╭──

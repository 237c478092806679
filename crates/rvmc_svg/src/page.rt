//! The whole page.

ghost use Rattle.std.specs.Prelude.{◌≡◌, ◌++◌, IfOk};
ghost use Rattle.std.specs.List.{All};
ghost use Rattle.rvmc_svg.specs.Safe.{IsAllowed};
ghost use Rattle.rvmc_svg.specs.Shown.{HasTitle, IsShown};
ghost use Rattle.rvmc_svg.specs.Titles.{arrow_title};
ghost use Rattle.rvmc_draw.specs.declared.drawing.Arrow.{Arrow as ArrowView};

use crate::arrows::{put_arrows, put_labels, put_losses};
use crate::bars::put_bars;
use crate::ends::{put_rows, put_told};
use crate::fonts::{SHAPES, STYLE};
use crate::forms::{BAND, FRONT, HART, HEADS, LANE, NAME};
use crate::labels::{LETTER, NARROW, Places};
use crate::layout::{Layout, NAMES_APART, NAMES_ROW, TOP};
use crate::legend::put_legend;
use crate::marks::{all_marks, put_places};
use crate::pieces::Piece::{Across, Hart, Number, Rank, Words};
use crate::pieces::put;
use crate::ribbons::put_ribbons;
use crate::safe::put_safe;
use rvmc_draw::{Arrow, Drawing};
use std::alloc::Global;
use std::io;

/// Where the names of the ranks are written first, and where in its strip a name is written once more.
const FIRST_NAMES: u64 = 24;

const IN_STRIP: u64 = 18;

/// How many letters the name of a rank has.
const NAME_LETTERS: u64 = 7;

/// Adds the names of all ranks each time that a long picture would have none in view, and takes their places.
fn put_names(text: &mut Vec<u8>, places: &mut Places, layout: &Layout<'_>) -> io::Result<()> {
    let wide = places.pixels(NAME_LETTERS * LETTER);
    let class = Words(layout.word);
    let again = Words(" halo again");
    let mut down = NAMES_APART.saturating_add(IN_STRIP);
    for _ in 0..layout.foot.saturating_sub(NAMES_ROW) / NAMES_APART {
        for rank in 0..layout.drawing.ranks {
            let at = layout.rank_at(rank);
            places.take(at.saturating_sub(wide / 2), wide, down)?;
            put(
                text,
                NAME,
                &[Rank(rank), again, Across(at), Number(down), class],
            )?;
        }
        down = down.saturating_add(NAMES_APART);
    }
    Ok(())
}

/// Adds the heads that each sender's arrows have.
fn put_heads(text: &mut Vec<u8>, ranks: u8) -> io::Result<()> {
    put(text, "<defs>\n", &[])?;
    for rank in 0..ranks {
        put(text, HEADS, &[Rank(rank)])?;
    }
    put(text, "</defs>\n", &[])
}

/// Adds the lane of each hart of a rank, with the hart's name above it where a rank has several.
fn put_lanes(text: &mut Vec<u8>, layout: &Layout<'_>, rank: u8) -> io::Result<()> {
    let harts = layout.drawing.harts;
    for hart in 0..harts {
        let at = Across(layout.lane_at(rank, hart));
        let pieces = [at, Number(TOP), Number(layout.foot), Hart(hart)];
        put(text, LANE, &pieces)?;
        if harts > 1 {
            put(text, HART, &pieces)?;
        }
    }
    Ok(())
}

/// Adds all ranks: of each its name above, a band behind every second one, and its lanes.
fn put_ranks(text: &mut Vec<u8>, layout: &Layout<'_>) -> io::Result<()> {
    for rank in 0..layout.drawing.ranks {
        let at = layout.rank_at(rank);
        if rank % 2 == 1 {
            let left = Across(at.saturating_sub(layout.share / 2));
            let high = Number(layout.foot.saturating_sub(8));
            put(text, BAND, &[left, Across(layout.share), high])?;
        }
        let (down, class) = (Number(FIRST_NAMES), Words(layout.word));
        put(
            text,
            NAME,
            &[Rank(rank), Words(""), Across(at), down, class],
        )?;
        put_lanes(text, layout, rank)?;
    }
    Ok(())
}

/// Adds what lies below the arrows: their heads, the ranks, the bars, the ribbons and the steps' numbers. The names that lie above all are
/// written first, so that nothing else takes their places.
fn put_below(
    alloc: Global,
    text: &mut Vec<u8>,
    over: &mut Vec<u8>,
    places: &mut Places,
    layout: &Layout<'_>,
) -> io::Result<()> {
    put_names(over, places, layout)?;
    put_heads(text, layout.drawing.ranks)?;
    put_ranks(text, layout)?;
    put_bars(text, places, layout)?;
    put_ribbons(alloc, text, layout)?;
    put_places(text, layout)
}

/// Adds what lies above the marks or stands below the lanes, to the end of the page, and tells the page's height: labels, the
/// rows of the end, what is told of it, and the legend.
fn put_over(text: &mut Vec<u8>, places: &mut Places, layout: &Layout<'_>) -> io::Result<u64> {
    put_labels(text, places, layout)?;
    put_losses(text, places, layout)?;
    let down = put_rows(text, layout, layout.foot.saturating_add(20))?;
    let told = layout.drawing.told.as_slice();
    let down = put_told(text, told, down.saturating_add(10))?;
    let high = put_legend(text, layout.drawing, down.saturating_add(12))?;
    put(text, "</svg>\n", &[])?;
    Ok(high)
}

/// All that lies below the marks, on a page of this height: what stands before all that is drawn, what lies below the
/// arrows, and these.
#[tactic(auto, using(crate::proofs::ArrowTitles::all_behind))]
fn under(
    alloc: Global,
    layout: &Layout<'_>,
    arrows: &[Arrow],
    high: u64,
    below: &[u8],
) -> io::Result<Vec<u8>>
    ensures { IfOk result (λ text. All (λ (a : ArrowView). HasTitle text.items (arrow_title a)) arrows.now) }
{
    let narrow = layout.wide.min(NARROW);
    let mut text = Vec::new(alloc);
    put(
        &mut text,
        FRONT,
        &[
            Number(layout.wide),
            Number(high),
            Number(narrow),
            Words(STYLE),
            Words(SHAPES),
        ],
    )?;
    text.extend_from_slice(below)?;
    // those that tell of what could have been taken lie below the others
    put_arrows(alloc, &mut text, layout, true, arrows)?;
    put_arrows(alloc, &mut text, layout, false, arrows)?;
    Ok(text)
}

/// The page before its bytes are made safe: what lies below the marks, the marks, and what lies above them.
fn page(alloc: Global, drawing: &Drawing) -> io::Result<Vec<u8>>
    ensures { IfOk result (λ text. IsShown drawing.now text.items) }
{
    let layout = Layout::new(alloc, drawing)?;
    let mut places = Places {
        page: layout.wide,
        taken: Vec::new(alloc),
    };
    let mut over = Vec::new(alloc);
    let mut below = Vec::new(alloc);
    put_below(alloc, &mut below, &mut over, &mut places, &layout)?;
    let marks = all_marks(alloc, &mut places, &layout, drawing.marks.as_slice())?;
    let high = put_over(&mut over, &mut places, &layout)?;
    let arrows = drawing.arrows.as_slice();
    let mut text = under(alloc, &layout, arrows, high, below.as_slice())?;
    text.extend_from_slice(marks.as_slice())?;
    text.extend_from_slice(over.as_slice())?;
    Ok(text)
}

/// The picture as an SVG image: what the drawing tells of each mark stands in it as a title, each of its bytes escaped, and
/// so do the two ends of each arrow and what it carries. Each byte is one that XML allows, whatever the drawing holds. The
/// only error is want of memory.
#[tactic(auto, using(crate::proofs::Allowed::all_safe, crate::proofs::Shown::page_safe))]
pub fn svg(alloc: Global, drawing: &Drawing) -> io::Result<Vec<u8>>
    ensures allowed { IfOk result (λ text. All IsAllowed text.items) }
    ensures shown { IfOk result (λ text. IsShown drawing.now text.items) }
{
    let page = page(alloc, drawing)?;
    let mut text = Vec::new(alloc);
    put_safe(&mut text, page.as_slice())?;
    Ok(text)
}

╰──

Take the lines above from the one containing "put(text, HART, &pieces)?;" to the one containing "and the legend." and retype them exactly, both ends included, with nothing added.

            put(text, HART, &pieces)?;
        }
    }
    Ok(())
}

/// Adds all ranks: of each its name above, a band behind every second one, and its lanes.
fn put_ranks(text: &mut Vec<u8>, layout: &Layout<'_>) -> io::Result<()> {
    for rank in 0..layout.drawing.ranks {
        let at = layout.rank_at(rank);
        if rank % 2 == 1 {
            let left = Across(at.saturating_sub(layout.share / 2));
            let high = Number(layout.foot.saturating_sub(8));
            put(text, BAND, &[left, Across(layout.share), high])?;
        }
        let (down, class) = (Number(FIRST_NAMES), Words(layout.word));
        put(
            text,
            NAME,
            &[Rank(rank), Words(""), Across(at), down, class],
        )?;
        put_lanes(text, layout, rank)?;
    }
    Ok(())
}

/// Adds what lies below the arrows: their heads, the ranks, the bars, the ribbons and the steps' numbers. The names that lie above all are
/// written first, so that nothing else takes their places.
fn put_below(
    alloc: Global,
    text: &mut Vec<u8>,
    over: &mut Vec<u8>,
    places: &mut Places,
    layout: &Layout<'_>,
) -> io::Result<()> {
    put_names(over, places, layout)?;
    put_heads(text, layout.drawing.ranks)?;
    put_ranks(text, layout)?;
    put_bars(text, places, layout)?;
    put_ribbons(alloc, text, layout)?;
    put_places(text, layout)
}

/// Adds what lies above the marks or stands below the lanes, to the end of the page, and tells the page's height: labels, the
/// rows of the end, what is told of it, and the legend.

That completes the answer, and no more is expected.